▶ _WHAT IS EXPECTED_
Copy every line in the records below that contains the word "ghost".

Stored data:

:::::

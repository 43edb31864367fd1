//! The demand of sources, all together.

ghost use Rattle.std.specs.Prelude.{◌+◌, ◌*◌, ◌/◌, ◌≤◌, ◌<◌, length, All, MatchOption, IfSome};
ghost use Rattle.cbs_guarantee.specs.Sources.{ticks_of};
ghost use Rattle.cbsrun_loads.specs.Loads.{most_sources};
ghost use Rattle.cbsrun_sizing.specs.Asked.{most_ticks, IsAsked, AreTooFine, IsJoined, IsJoinedTooFine};

use crate::divisor::greatest_common_divisor;
use cbs_guarantee::Source;
use cbs_rate::MAX_COMMON_MULTIPLE;

/// The greatest demand of sources, all together, as a share of the time.
#[derive(Clone, Copy, PartialEq, Eq)]
pub struct Asked {
    /// The ticks in every `of` ticks.
    pub ticks: u128,
    /// The length of the span in ticks: 1 to 10^18.
    pub of: u64,
}

impl Asked {
    /// Returns the demand with one source more. Returns `None` if it cannot be summed exactly, since no common multiple
    /// is within [`MAX_COMMON_MULTIPLE`].
    fn with(self, source: &Source) -> Option<Asked>
        requires some { 0 < self.of }
        requires ticks { ticks_of source.now ≤ most_ticks }
        requires small { self.ticks ≤ most_sources * (most_ticks * self.of) }
        ensures joined { MatchOption result (IsJoinedTooFine self source.now)
            (IsJoined self source.now) }
        ensures small { IfSome result (λ a. a.ticks ≤ self.ticks * (a.of / self.of) + most_ticks *
            a.of) }
    {
        let of = u128::from(self.of);
        let every = u128::from(source.every);
        if every == 0 {
            return None;
        }
        let common = of / greatest_common_divisor(of, every) * every;
        if common > u128::from(MAX_COMMON_MULTIPLE) {
            return None;
        }
        let job = u128::from(source.units) * (1 + u128::from(source.overrun));
        let ticks = self.ticks * (common / of) + job * (common / every);
        Some(Asked {
            ticks,
            of: common as u64,
        })
    }
}

/// Returns the greatest demand of the sources, all together. Returns `None` if no common multiple of their periods is
/// within [`MAX_COMMON_MULTIPLE`].
pub(crate) fn asked_by(sources: &[Source]) -> Option<Asked>
    requires few { length sources.now ≤ most_sources }
    requires ticks { All (λ source. ticks_of source ≤ most_ticks) sources.now }
    ensures { MatchOption result (AreTooFine sources.now) (IsAsked sources.now) }
{
    let mut asked = Asked { ticks: 0, of: 1 };
    for source in sources {
        asked = asked.with(source)?;
    }
    Some(asked)
}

:::::

▶ _RESPONSE_
ghost use Rattle.std.specs.Prelude.{◌+◌, ◌*◌, ◌/◌, ◌≤◌, ◌<◌, length, All, MatchOption, IfSome};
ghost use Rattle.cbs_guarantee.specs.Sources.{ticks_of};
ghost use Rattle.cbsrun_loads.specs.Loads.{most_sources};
ghost use Rattle.cbsrun_sizing.specs.Asked.{most_ticks, IsAsked, AreTooFine, IsJoined, IsJoinedTooFine};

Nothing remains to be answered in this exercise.